Acara ini tidak hanya menjadi momen spiritual bagi umat, tetapi juga menjadi ajang mempererat hubungan antar pemangku kepentingan di wilayah Paroki Waning. Kehadiran berbagai elemen masyarakat menunjukkan dukungan yang kuat terhadap pelestarian budaya lokal dalam bingkai iman.

Pantauan di lokasi menunjukkan deretan tamu penting yang hadir memadati area gereja. Tampak hadir seluruh Kepala Desa se-Paroki Waning, yang menunjukkan kesatuan dan dukungan pemerintah desa atas  kegiatan keagamaan dan adat. Selain itu, barisan Tokoh-tokoh Adat (Tua Adat) mengenakan pakaian adat lengkap, memberikan nuansa sakral dan penegasan identitas budaya yang kuat dalam acara tersebut.

Dukungan dari sektor pendidikan dan kesehatan pun terlihat nyata dengan kehadiran perwakilan lembaga pendidikan mulai dari tingkat SD, SMP, hingga SMA di wilayah Waning, serta Kepala Puskesmas Waning beserta jajarannya. Keterlibatan institusi-institusi ini menegaskan bahwa acara adat ‘Wee Mbaru’ memiliki makna sosial yang luas bagi seluruh lapisan masyarakat.
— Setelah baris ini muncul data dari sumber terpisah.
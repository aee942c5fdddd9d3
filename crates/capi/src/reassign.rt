//! Exported to C and Rust: dispatch.
#![tactic(auto, using(masks::proofs::refusal::ClauseLaws::answered), unfolding(dispatch::specs::equations::Reassign::may_reassign))]

ghost use Rattle.std.specs.Prelude.{◌≡◌};
ghost use Rattle.dispatch.specs.equations.Reassign.{may_reassign};
ghost use Rattle.capi.specs.Answers.{as_flag};
ghost use Rattle.capi.specs.Records.{optional_in};

use crate::answers::FlagAnswer;
use crate::records::{Mask, optional_in};
use dispatch::reassign::may_reassign;

/// Returns whether truck number `truck` may be reassigned: its flag is set in the permission mask and not in the revocation mask. If
/// `permitted` is false there is no permission mask, and the answer is no for every truck; if `revoked` is false there is no revocation
/// mask, and no truck is revoked. The record and bytes of an absent mask are not read. Refusal 5 occurs only with both masks; without any
/// mask nothing is refused. No permission mask is the opposite of no mask from pw_into_opt_validity or in pw_true_idx_new, which means
/// all ones: end the builder of a permission mask with pw_freeze.
///
/// ```
/// use poruwhina::calls::{may_reassign, try_new};
///
/// let mask = try_new(&[0], 0, 6).mask;
/// assert!(may_reassign(true, mask, &[0x2D], true, mask, &[0x01], 2).value);
/// assert!(!may_reassign(true, mask, &[0x2D], true, mask, &[0x01], 0).value);
/// assert_eq!(may_reassign(true, mask, &[0x2D], true, mask, &[0x01], 6).refusal, 6);
/// ```
#[unsafe(no_mangle)]
pub extern "C" fn pw_may_reassign(
    permitted: bool,
    permission: Mask,
    permission_bytes: &[u8],
    revoked: bool,
    revocation: Mask,
    revocation_bytes: &[u8],
    truck: usize,
) -> FlagAnswer
    ensures { result ≡
        as_flag (may_reassign (optional_in permitted permission) permission_bytes.now (optional_in revoked revocation)
        revocation_bytes.now truck) }
{
    may_reassign(
        optional_in(permitted, permission),
        permission_bytes,
        optional_in(revoked, revocation),
        revocation_bytes,
        truck,
    )
    .into()
}
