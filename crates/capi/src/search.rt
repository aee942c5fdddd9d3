//! Exported to C and Rust: the searches for the n-th set flag of a span.
#![tactic(auto, using(masks::proofs::refusal::ClauseLaws::answered), unfolding(masks::specs::equations::Search::search_back, masks::specs::equations::Search::search_from))]

ghost use Rattle.std.specs.Prelude.{◌≡◌};
ghost use Rattle.masks.specs.equations.Answer.{answer};
ghost use Rattle.masks.specs.equations.Search.{search_back, search_from};
ghost use Rattle.capi.specs.Answers.{as_position};

use crate::answers::PositionAnswer;
use masks::bitmask::{nth_set_bit_idx, nth_set_bit_idx_rev};
use masks::refusal::Refusal;

#[tactic(auto, unfolding(crate::specs::Answers::as_position))]
impl From<Result<Option<usize>, Refusal>> for PositionAnswer {
    ghost from_gives = { λ r a. a ≡ as_position (answer r) };

    fn from(r: Result<Option<usize>, Refusal>) -> PositionAnswer {
        match r {
            Ok(p) => PositionAnswer {
                refusal: 0,
                found: p.is_some(),
                value: p.unwrap_or(0),
            },
            Err(e) => PositionAnswer {
                refusal: e.into(),
                ..PositionAnswer::default()
            },
        }
    }
}

/// Returns the position of the n-th set flag at or after `from`, counting from 0. `found` is false if at most `n` flags are set there.
/// `from` may exceed the length.
///
/// ```
/// use poruwhina::calls::nth_set_bit_idx;
///
/// assert_eq!(nth_set_bit_idx(&[0x2D], 0, 6, 2, 0).value, 3);
/// assert!(!nth_set_bit_idx(&[0x2D], 0, 6, 4, 0).found);
/// ```
#[unsafe(no_mangle)]
pub extern "C" fn pw_nth_set_bit_idx(
    bytes: &[u8],
    start: usize,
    length: usize,
    n: usize,
    from: usize,
) -> PositionAnswer
    ensures { result ≡ as_position (search_from bytes.now start length n from) }
{
    nth_set_bit_idx(bytes, start, length, n, from).into()
}

/// Returns the position of the n-th set flag before `end`, counting down from 0: number 0 is the set flag nearest to `end`. `found` is
/// false if at most `n` flags are set there. `end` may exceed the length.
///
/// ```
/// use poruwhina::calls::nth_set_bit_idx_rev;
///
/// assert_eq!(nth_set_bit_idx_rev(&[0x2D], 0, 6, 1, 5).value, 2);
/// assert_eq!(nth_set_bit_idx_rev(&[0x2D], 0, 6, 3, 900).value, 0);
/// ```
#[unsafe(no_mangle)]
pub extern "C" fn pw_nth_set_bit_idx_rev(
    bytes: &[u8],
    start: usize,
    length: usize,
    n: usize,
    end: usize,
) -> PositionAnswer
    ensures { result ≡ as_position (search_back bytes.now start length n end) }
{
    nth_set_bit_idx_rev(bytes, start, length, n, end).into()
}
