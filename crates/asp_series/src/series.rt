//! A series of queries, one after another, each with the units that those before it left.
ghost use Rattle.std.specs.Prelude.{◌≡◌, ◌≤◌, ◌-◌, ◌*◌, IfErr, IfOk, OnOk, false, option_map, true, Some};
ghost use Rattle.asp_cli.specs.Found.{seeks_consequences};
ghost use Rattle.asp_read.specs.Queries.{IsSoundSeries};
ghost use Rattle.asp_series.specs.Asking.{AsksInTurn, AsksOn, CloseMeans, IsAskable, IsKeptOf, IsReply, StepMeans, answered_of, end_of, gone_on, literals_in, minimal_in, most_recorded, reply_text, searched_in, spent_in, sums_at};
ghost use Rattle.asp_faults.specs.Writing.{Writes};
ghost use Rattle.asp_series.specs.Series.{Asks, IsSentOn, TellsClosed, TellsFaults, asks_all, closing_in, is_done, opening_in, query_in};

use crate::ask::{Asking, Sought};
use crate::cores::{Core, core_of};
use crate::end::SeriesEnd;
use crate::find::{asks_all, find, whole};
use crate::solver::Solver;
use asp_cli::{Form, Options};
use asp_counts::counts::Counts;
use asp_counts::watch::Watch;
use asp_io::{Failed, Sink};
use asp_json::{Sums, print_entry, print_opening, print_sums};
use asp_model::program::Program;
use asp_model::results::{End, Mode, Results};
use asp_prepare::asked::mode_of;
use asp_prepare::prepared::Prepared;
use asp_prepare::told::has_model;
use asp_print::{Query, found_count, print_query};
use asp_query::kept::KeptSearch;
use asp_read::Series;
use asp_rows::sets::Sets;
use asp_vars::compiled::Compiled;
use std::alloc::{AllocError, Global};
use std::mem;

/// What was found of a query.
#[derive(Drop)]
pub struct Reply {
    /// What was searched, and what was found.
    pub sought: Sought,
    /// Literals that no stable model has together, where there is no answer.
    pub core: Option<Core>,
    /// The units that both took.
    pub spent: u64,
}

/// How far a series is.
#[derive(Clone, Copy)]
pub struct Course {
    /// The units that are left.
    pub left: u64,
    /// Whether a query had a model.
    pub any: bool,
    /// Whether all queries that were begun are finished.
    pub done: bool,
    /// How many answers were recorded.
    pub models: u128,
    /// How many queries were begun.
    pub calls: u64,
}

fn spent_in(core: &Option<Core>) -> u64
    ensures { result ≡ spent_in core.now }
{
    match core {
        None => 0,
        Some(core) => core.spent,
    }
}

// What is found of a query, and its core where it has no answer.
fn answer<S: Solver, W: Watch>(
    alloc: Global,
    asking: &Asking<'_, S>,
    kept: &mut Option<KeptSearch<'_>>,
    counts: &mut Counts,
    watch: &mut W,
) -> Result<Reply, AllocError>
    requires solver { S.may asking.now.solver.now }
    requires askable { IsAskable asking.now.options.now asking.now.program.now asking.now.literals.now }
    requires kept { IsKeptOf asking.now.options.now asking.now.program.now kept.old }
    ensures kept { IsKeptOf asking.now.options.now asking.now.program.now kept.new }
    ensures reply { IfOk result (IsReply asking.now.options.now asking.now.program.now asking.now.literals.now asking.now.units) }
    ensures heard { W.IsAfter watch.old watch.new }
{
    let sought = find(alloc, asking, kept, counts, watch)?;
    let rest = Asking {
        options: asking.options,
        program: asking.program,
        literals: asking.literals,
        units: asking.units - sought.report.spent,
        solver: asking.solver,
    };
    match core_of(alloc, &rest, &sought, counts, watch) {
        Ok(core) => {
            let spent = sought.report.spent + spent_in(&core);
            Ok(Reply {
                sought,
                core,
                spent,
            })
        }
        Err(error) => {
            mem::drop(sought);
            Err(error)
        }
    }
}

fn literals_of(core: &Option<Core>) -> Option<&[i32]>
    ensures { option_map (λ literals. literals.now) result ≡ literals_in core.entry.now }
{
    match core {
        None => None,
        Some(core) => Some(core.literals.as_slice()),
    }
}

fn is_minimal(core: &Option<Core>) -> bool
    ensures { result ≡ minimal_in core.now }
{
    match core {
        None => false,
        Some(core) => core.minimal,
    }
}
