// Replays published FT8 vectors, made by `ft8code` of Debian's package wsjtx with tools/ft8_vectors.py: each line of the file stdin
// has the 77 source bits, the 14 checksum bits, the 83 parity bits and the message. The program packs the 77 bits alone, appends the
// checksum, reads it back, encodes, and prints the payload, the checksum read back and the parity: the line's first three fields.
#![tactic(auto)]

use std::io;
use std::io::{Print, Read};

// The payload's ten bytes of the line's first 77 digits.
fn pack(line: &[u8; 215], payload: &mut [u8; 10]) {
    for (i, &digit) in line[..77].iter().enumerate() {
        if digit == b'1' {
            payload[i / 8] |= 128u8 >> (i % 8);
        }
    }
}

// The digit of the codeword's bit i.
fn bit_digit(codeword: &[u8; 22], i: usize) -> u8 {
    if i < 174 {
        (codeword[i / 8] >> (7 - i % 8)) % 2 + b'0'
    } else {
        b'\n'
    }
}

// The digit of a checksum's bit i.
fn checksum_digit(checksum: u16, i: u8) -> u8 {
    if checksum >> (13 - i % 14) & 1 == 0 {
        b'0'
    } else {
        b'1'
    }
}

// What stands at place i of a line: the payload's 77 bits, the checksum's 14 and the parity's 83, with a space between.
fn digit(codeword: &[u8; 22], checksum: u16, i: usize) -> u8 {
    if i < 77 {
        return bit_digit(codeword, i);
    }
    if i == 77 {
        return b' ';
    }
    if i < 92 {
        return checksum_digit(checksum, (i - 78) as u8);
    }
    if i == 92 {
        return b' ';
    }
    bit_digit(codeword, i - 2)
}

fn print_line(rt: &impl Print, text: &[u8; 177]) -> io::Result<()> {
    rt.write_all(text)
}

fn print_fields(rt: &impl Print, codeword: &[u8; 22], checksum: u16) -> io::Result<()> {
    let mut text = [0u8; 177];
    for (i, place) in text.iter_mut().enumerate() {
        *place = digit(codeword, checksum, i);
    }
    print_line(rt, &text)
}

fn print_refused(rt: &impl Print) -> io::Result<()> {
    println!(rt; "refused")
}

fn encode(rt: &impl Print, block: &[u8; 12], checksum: u16) -> io::Result<()> {
    let mut codeword = [0xFFu8; 22];
    match ldpc_encoding::ldpc_encode(block, &mut codeword) {
        Ok(()) => print_fields(rt, &codeword, checksum),
        Err(_) => print_refused(rt),
    }
}

fn read_back(rt: &impl Print, block: &[u8; 12]) -> io::Result<()> {
    match crc::ft8_extract_crc(block) {
        Ok(checksum) => encode(rt, block, checksum),
        Err(_) => print_refused(rt),
    }
}

fn append(rt: &impl Print, payload: &[u8; 10]) -> io::Result<()> {
    let mut block = [0u8; 12];
    match crc::ft8_add_crc(payload, &mut block) {
        Ok(()) => read_back(rt, &block),
        Err(_) => print_refused(rt),
    }
}

// The fields of a line.
fn replay(rt: &impl Print, line: &[u8; 215]) -> io::Result<()> {
    let mut payload = [0u8; 10];
    pack(line, &mut payload);
    append(rt, &payload)
}

// One line; answers whether there was one.
fn replay_one(rt: &impl Print, reader: &mut impl Read) -> io::Result<bool> {
    let mut line = [0u8; 215];
    let n = streams::read_all(reader, &mut line)?;
    if n < 215 {
        return Ok(false);
    }
    replay(rt, &line)?;
    Ok(true)
}

// At most a thousand lines are read.
fn main(rt: HostRuntime) -> io::Result<()> {
    let mut stdin = rt.stdin();
    for _ in 0..1000usize {
        if !replay_one(&rt, &mut stdin)? {
            return Ok(());
        }
    }
    Ok(())
}
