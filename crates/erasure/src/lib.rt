// Mending: the unknown bits of a recorded word that its code's checks decide, for the four codes by number.
#![tactic(auto)]

ghost use Rattle.std.specs.Prelude.{◌≡◌, length};
ghost use Rattle.refusal.specs.Outcome.{judged, kept};
ghost use Rattle.refusal.specs.Answers.{outcome_of};
ghost use Rattle.filling.specs.Filling.{filled_word, filled_places, listed};
ghost use Rattle.filling.specs.Calls.{FilledAs};
ghost use Rattle.numbered.specs.Codes.{checks_by};
ghost use Rattle.erasure.specs.Calls.{erasure_refusals};

use construction::codes::{N512R12, N512R34, N576R23};
use ldpc::tables::{CHECK_BITS, CHECK_STARTS};
use numbered::Code;
use refusal::Refusal;
use staircase::tables::{
    N512R12_CHECK_BITS, N512R12_CHECK_STARTS, N512R34_CHECK_BITS, N512R34_CHECK_STARTS,
    N576R23_CHECK_BITS, N576R23_CHECK_STARTS,
};

// Fills a word of the code with that number: sets the unknown bits that its checks decide, and lists their positions.
pub fn fill_erasures(code: u32, word: &mut [u8], places: &mut [u16]) -> Result<u16, Refusal>
    ensures result_value { outcome_of result
        ≡ judged (erasure_refusals code word.old places.old) (length (filled_places (checks_by code) word.old)) }
    ensures word_after { word.new
        ≡ kept (erasure_refusals code word.old places.old) word.old (filled_word (checks_by code) word.old) }
    ensures places_after { places.new
        ≡ kept (erasure_refusals code word.old places.old) places.old
        (listed (filled_places (checks_by code) word.old) places.old) }
{
    let known = Code::try_from(code)?;
    match known {
        Code::N512R12 => filling::fill_over(
            &N512R12_CHECK_STARTS,
            &N512R12_CHECK_BITS,
            N512R12::N,
            word,
            places,
        ),
        Code::N576R23 => filling::fill_over(
            &N576R23_CHECK_STARTS,
            &N576R23_CHECK_BITS,
            N576R23::N,
            word,
            places,
        ),
        Code::N512R34 => filling::fill_over(
            &N512R34_CHECK_STARTS,
            &N512R34_CHECK_BITS,
            N512R34::N,
            word,
            places,
        ),
        Code::Ft8 => filling::fill_over(&CHECK_STARTS, &CHECK_BITS, ldpc::N, word, places),
    }
}
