// What a build came to, as text: its table and a line for each later line of the input, or its refusal (SPECIFICATION
// 10.5, 10.6). The loop over the lines and what joins them to the table carry must-fail edits, so that they stand
// without the parts that they put.
#![tactic(auto)]

ghost use Rattle.std.specs.Prelude.{◌+◌, ◌*◌, ◌≤◌, length};
ghost use Rattle.murm_build.specs.Entries.{told_building};
ghost use Rattle.circuits_text.specs.Writing.{Put};
ghost use Rattle.circuits_input.specs.Input.{lines_of, input_most};
ghost use Rattle.circuits_answers.specs.Lent.{lent};
ghost use Rattle.circuits_answers.specs.Told.{told_record, told_arrays};
ghost use Rattle.circuits_parts.specs.Texts.{Printable, query_texts};
ghost use Rattle.circuits_built.specs.Built.{reply_then, room_for};

use circuits_answers::Table;
use circuits_text::NEWLINE;
use murm_config::Murm;
use refusal::Refusal;

// Each later line: at most 187 bytes for each byte of them, where 756 more are left.
fn put_queries(table: Table<'_>, later: &[u8], out: &mut [u8], at: usize) -> usize
    requires { at + 187 * length later.now + 756 ≤ length out.old }
    ensures { Put at (query_texts (told_record table.entry) (told_arrays table.entry) (lines_of later.now)) result out.old out.new }
{
    let mut p = at;
    let mut i = 0;
    // a turn is a line and not a place: the next begins after the newline that was found
    while i < later.len() {
        let e = circuits_text::find(later, i, NEWLINE);
        if later.len() <= e {
            return circuits_lines::put_refused(out, p, Refusal::BrokenLine);
        }
        p = circuits_parts::put_query(table, &later[i..e], out, p);
        i = e + 1;
    }
    p
}

// What a build came to: its table and the later lines, or its refusal. It takes what was answered and the arrays, and
// not a `Table`, since a build that is refused has none.
pub fn put_built(
    built: Result<Murm, Refusal>,
    fingerprints: &[u64],
    parents: &[u32],
    codes: &[u32],
    later: &[u8],
    out: &mut [u8],
) -> usize
    requires printable { Printable (told_building built) parents.now codes.now }
    requires later_len_bound { (length later.now ≤ input_most) × (room_for (length parents.now) ≤ length out.old) }
    ensures { Put 0 (reply_then (told_building built) (lent fingerprints parents codes) (lines_of later.now)) result out.old out.new }
{
    match built {
        Ok(record) => {
            let table = Table {
                record,
                fingerprints,
                parents,
                codes,
            };
            let next = circuits_parts::put_widths(table, out);
            put_queries(table, later, out, next)
        }
        Err(r) => circuits_lines::put_refused(out, 0, r),
    }
}
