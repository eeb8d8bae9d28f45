//! Sessions: the lines of a client are read one after the other, carried out by a desk, and answered; with many clients at once, who come by doors.
#![tactic(auto)]

mod clients;
mod queries;
mod session;
mod told;

pub use clients::answering::Answering;
pub use clients::doors::{Started, Visits, let_go, serve_door};
pub use clients::past::Past;
pub use clients::serving::{Terms, serve};
pub use session::sessions::Session;
pub use session_lines::{AskingAlone, Copies, Door, LastLine, NoCopies};
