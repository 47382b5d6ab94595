//! A reader that fills its room.
ghost use Rattle.std.specs.Prelude.{◌≡◌, ◌≤◌, length};
ghost use Rattle.std.specs.Io.{ReadsAtMost};
ghost use Rattle.std.specs.Io.KnownBytes.{ReadConsumes};
ghost use Rattle.crs_streams.specs.Filled.{FillsRoom, fresh_filling};

use std::io;
use std::io::Read;
use std::marker::Model;

/// A reader that asks another one until the room is full: a pipe gives what was written last, often a line, and a run
/// makes a bounded number of reads. Once the other one has shown its end, it isn't asked again. Where it fails after
/// some bytes, they come first, and the next read fails.
#[derive(Drop)]
pub struct Filling<R: Read> {
    reader: R,
    ended: bool,
    failure: Option<io::Error>,
}

impl<R: Read> Model for Filling<R> {
    ghost use Rattle.std.specs.Prelude.{◌≡◌, is_some, true};
    ghost use Rattle.std.specs.Io.KnownBytes.{IsAtEnd};
    ghost use Rattle.crs_streams.specs.Filled.{FillingState};

    ghost Value = { FillingState };

    ghost view = { λ filling. record {
      remaining = R.remaining filling.reader;
      ended = filling.ended;
      fails_next = is_some filling.failure;
    } };

    ghost invariant = { λ filling. filling.ended ≡ true → IsAtEnd (R.remaining filling.reader) };
}

impl<R: Read> Filling<R> {
    /// A reader over one from which nothing was read yet.
    pub fn new(reader: R) -> Filling<R>
        ensures { result ≡ fresh_filling (R.remaining reader) }
    {
        Filling {
            reader,
            ended: false,
            failure: None,
        }
    }
}

impl<R: Read> Read for Filling<R> {
    ghost remaining = { λ filling. filling.remaining };

    fn read(&mut self, buf: &mut [u8]) -> io::Result<usize>
        ensures bound { ReadsAtMost result buf.new }
        ensures bytes { ReadConsumes self.old.remaining self.new.remaining result buf.new }
        ensures filled { FillsRoom self.old self.new (length buf.old) result }
    {
        if let Some(error) = self.failure.take() {
            return Err(error);
        }
        let mut filled = 0;
        if self.ended {
            return Ok(filled);
        }
        while filled < buf.len() {
            match self.reader.read(&mut buf[filled..]) {
                Ok(0) => {
                    self.ended = true;
                    break;
                }
                Ok(count) => filled += count,
                Err(error) => {
                    if filled == 0 {
                        return Err(error);
                    }
                    self.failure = Some(error);
                    break;
                }
            }
        }
        Ok(filled)
    }
}
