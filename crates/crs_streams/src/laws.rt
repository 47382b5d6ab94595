//! Laws of lines: calls that do nothing, and whose contracts are the laws.
ghost use Rattle.std.specs.Prelude.{◌≡◌, ℕ, List, map};
ghost use Rattle.bstr.specs.Text.{lines_of, without_terminator};
ghost use Rattle.crs_streams.specs.inner.Cutting.{CutsLines};
ghost use Rattle.crs_streams.specs.Lines.{AreLines};

/// Bytes have one list of lines, and it is the one that `bstr` cuts.
pub fn lines_are_one()
    ensures one { (bytes : List ℕ) (a b : List (List ℕ)) → AreLines bytes a → AreLines bytes b → a ≡ b }
    ensures cut { (bytes : List ℕ) → AreLines bytes (map without_terminator (lines_of bytes)) }
{}

/// Bytes are cut into lines at their line feeds, piece by piece, as at once.
pub fn lines_are_cut()
    ensures { CutsLines }
{}
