use std::fmt;
use thiserror::Error;

/// Why a run ends with no status.
#[derive(Clone, Copy, Debug, PartialEq, Eq, Error)]
pub enum RunFault {
    /// A read answered a failure.
    #[error("read failed")]
    ReadFailed,
    /// A write answered a failure.
    #[error("write failed")]
    WriteFailed,
    /// A line is longer than 1,048,576 bytes, lines being counted from 1; 0 where the input is one text.
    #[error("{}", TooLongText(*.0))]
    TooLong(u64),
    /// A source or a stream made all the reads that it may, and none showed the end.
    #[error("too many reads")]
    TooManyReads,
    /// Memory ran out.
    #[error("out of memory")]
    Memory,
}

#[derive(Drop)]
struct TooLongText(u64);

impl fmt::Display for TooLongText {
    fn fmt<W: fmt::Write>(&self, f: &mut fmt::Formatter<W>) -> fmt::Result {
        let line = self.0;
        if line == 0 {
            write!(f, "text too long")
        } else {
            write!(f, "line {line} too long")
        }
    }
}
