ghost use Rattle.std.specs.Prelude.{◌≡◌, ◌*◌, ◌≤◌, ◌<◌, ◌^◌, [], IfErr, IfOk, length, take, vec_len};
ghost use Rattle.std.specs.Io.{ReadsAtMost};
ghost use Rattle.std.specs.Io.KnownBytes.{ReadConsumes};
ghost use Rattle.crs_streams.specs.Streams.{GivesMore, CountsRead, fresh_source};

use std::alloc::{AllocError, Global};
use std::io;
use std::io::Read;
use std::marker::Model;

/// The most reads of a stream, 2^47.
pub const MAX_STREAM_READS: u64 = 140_737_488_355_328;

/// A reader that counts its reads and remembers a failure, for input of any length: full reads end after 2^63 bytes.
#[derive(Drop)]
pub struct Stream<R: Read> {
    reader: R,
    reads: u64,
    taken: u64,
    ended: bool,
    past_end: bool,
    failed: bool,
}

impl<R: Read> Model for Stream<R> {
    ghost use Rattle.std.specs.Prelude.{◌≤◌, ◌*◌, ◌^◌};
    ghost use Rattle.crs_streams.specs.Streams.{SourceState};

    ghost Value = { SourceState };

    ghost view = { λ stream. record {
      remaining = R.remaining stream.reader;
      reads = stream.reads;
      taken = stream.taken;
      ended = stream.ended;
      past_end = stream.past_end;
      failed = stream.failed;
    } };

    ghost invariant = { λ stream. (stream.reads ≤ 2 ^ 47) × (stream.taken ≤ 65536 * stream.reads) };
}

impl<R: Read> Stream<R> {
    /// A stream from which nothing has been read.
    pub fn new(reader: R) -> Stream<R>
        ensures { result ≡ fresh_source (R.remaining reader) }
    {
        Stream {
            reader,
            reads: 0,
            taken: 0,
            ended: false,
            past_end: false,
            failed: false,
        }
    }

    /// One read of at most as many bytes as there is room for. An error is the reader's own, an interruption
    /// included; the stream has `failed` from then on.
    pub fn read(&mut self, room: &mut [u8]) -> io::Result<usize>
        requires some { 1 ≤ length room.old }
        requires few { length room.old ≤ 65536 }
        requires reads { self.old.reads < 2 ^ 47 }
        ensures bound { ReadsAtMost result room.new }
        ensures bytes { ReadConsumes self.old.remaining self.new.remaining result room.new }
        ensures counted { CountsRead self.old self.new result }
        ensures few { self.new.taken ≤ 65536 * self.new.reads }
        ensures given { IfOk result (λ count. GivesMore self.old self.new (take count room.new)) }
        ensures kept { IfErr result (λ _. GivesMore self.old self.new []) }
    {
        self.reads += 1;
        self.past_end = self.past_end || self.ended;
        match self.reader.read(room) {
            Ok(count) => {
                self.taken += count as u64;
                self.ended = self.ended || count == 0;
                Ok(count)
            }
            Err(error) => {
                self.failed = true;
                Err(error)
            }
        }
    }

    /// How many reads were made.
    pub fn reads(&self) -> u64
        ensures count { result ≡ self.now.reads }
        ensures bound { result ≤ 2 ^ 47 }
    {
        self.reads
    }

    /// Whether a read answered a failure.
    pub fn failed(&self) -> bool
        ensures { result ≡ self.now.failed }
    {
        self.failed
    }
}

/// The most reads of a source.
pub const MAX_READS: u32 = 1_048_576;

// The most bytes of a read.
const ROOM: usize = 65_536;

/// A reader that counts its reads and remembers a failure, for input of a bounded number of reads.
#[derive(Drop)]
pub struct Source<R: Read> {
    stream: Stream<R>,
}

impl<R: Read> Model for Source<R> {
    ghost use Rattle.std.specs.Prelude.{◌≤◌};
    ghost use Rattle.crs_streams.specs.Streams.{SourceState};

    ghost Value = { SourceState };

    ghost view = { λ source. source.stream };

    ghost invariant = { λ source. source.stream.reads ≤ 1048576 };
}

impl<R: Read> Source<R> {
    /// A source from which nothing has been read.
    pub fn new(reader: R) -> Source<R>
        ensures { result ≡ fresh_source (R.remaining reader) }
    {
        Source {
            stream: Stream::new(reader),
        }
    }

    /// One read of at most as many bytes as there is room for. An error is the reader's own, an interruption
    /// included; the source has `failed` from then on.
    pub fn read(&mut self, room: &mut [u8]) -> io::Result<usize>
        requires some { 1 ≤ length room.old }
        requires few { length room.old ≤ 65536 }
        requires reads { self.old.reads < 1048576 }
        ensures bound { ReadsAtMost result room.new }
        ensures bytes { ReadConsumes self.old.remaining self.new.remaining result room.new }
        ensures counted { CountsRead self.old self.new result }
        ensures few { self.new.taken ≤ 65536 * self.new.reads }
        ensures given { IfOk result (λ count. GivesMore self.old self.new (take count room.new)) }
        ensures kept { IfErr result (λ _. GivesMore self.old self.new []) }
    {
        self.stream.read(room)
    }

    /// How many reads were made.
    pub fn reads(&self) -> u32
        ensures count { result ≡ self.now.reads }
        ensures bound { result ≤ 1048576 }
    {
        self.stream.reads() as u32
    }

    /// Whether a read answered a failure.
    pub fn failed(&self) -> bool
        ensures { result ≡ self.now.failed }
    {
        self.stream.failed()
    }
}

/// Room for a read of a run, 65,536 bytes. `AllocError` where there is no memory for it.
pub fn make_room(alloc: Global) -> Result<Vec<u8>, AllocError>
    ensures { IfOk result (λ room. vec_len room ≡ 65536) }
{
    vec![in alloc; 0u8; ROOM]
}
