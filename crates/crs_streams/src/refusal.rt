ghost use Rattle.std.specs.Prelude.{◌≡◌, ◌++◌, OnErr, OnOk};
ghost use Rattle.std.specs.List.{flat_map};
ghost use Rattle.crs_text.specs.Refusal.{refused_text};

use crs_text::Refusal;
use itoa::Buffer;
use std::alloc::AllocError;

/// Appends `refused N NAME at P`. `AllocError`: there is no memory for it, and `out` is as before.
pub fn append_refusal(out: &mut Vec<u8>, refusal: Refusal) -> Result<(), AllocError>
    ensures ok { OnOk result (out.new.items ≡ out.old.items ++ refused_text refusal.number refusal.place) }
    ensures unchanged { OnErr result (out.new.items ≡ out.old.items) }
{
    let mut number = Buffer::new();
    let mut place = Buffer::new();
    append_all(
        out,
        &[
            b"refused ",
            number.format(refusal.number()).as_bytes(),
            b" ",
            refusal.name().as_bytes(),
            b" at ",
            place.format(refusal.place()).as_bytes(),
        ],
    )
}

// Appends the parts one after the other. Out of memory, nothing is appended.
fn append_all(out: &mut Vec<u8>, parts: &[&[u8]]) -> Result<(), AllocError>
    ensures ok { OnOk result (out.new.items ≡ out.old.items ++ flat_map (λ part. part.now) parts.now) }
    ensures unchanged { OnErr result (out.new.items ≡ out.old.items) }
{
    let before = out.len();
    for part in parts {
        if let Err(error) = out.extend_from_slice(part) {
            out.truncate(before);
            return Err(error);
        }
    }
    Ok(())
}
Tak ketinggalan, seluruh jajaran Dewan Stasi dari berbagai wilayah di Paroki Waning turut hadir, menunjukkan soliditas organisasi gereja dalam mendukung perayaan ini.

Puncak acara ditandai dengan sambutan penuh makna dari Pastor Paroki Waning, Romo Robert. Dalam arahannya, Romo Robert menggarisbawahi pentingnya menghormati tradisi leluhur sembari tetap menempatkan iman akan Yesus Kristus sebagai pusat kehidupan.

“Budaya dan acara adat, seperti ‘Wee’ yang dipersembahkan kepada leluhur ini, adalah warisan luhur yang harus kita jaga,” ujar Romo Robert di hadapan umat. Namun, ia menekankan dimensi spiritual yang lebih dalam bagi umat Kristiani. “Kebaikan dan penghormatan dalam ritus tradisi budaya ini akan menjadi jauh lebih sempurna dan bermakna ketika disatukan dan disempurnakan melalui Perayaan Misa, Melalui Korban Tubuh dan Darah Yesus sendiri,” tegasnya.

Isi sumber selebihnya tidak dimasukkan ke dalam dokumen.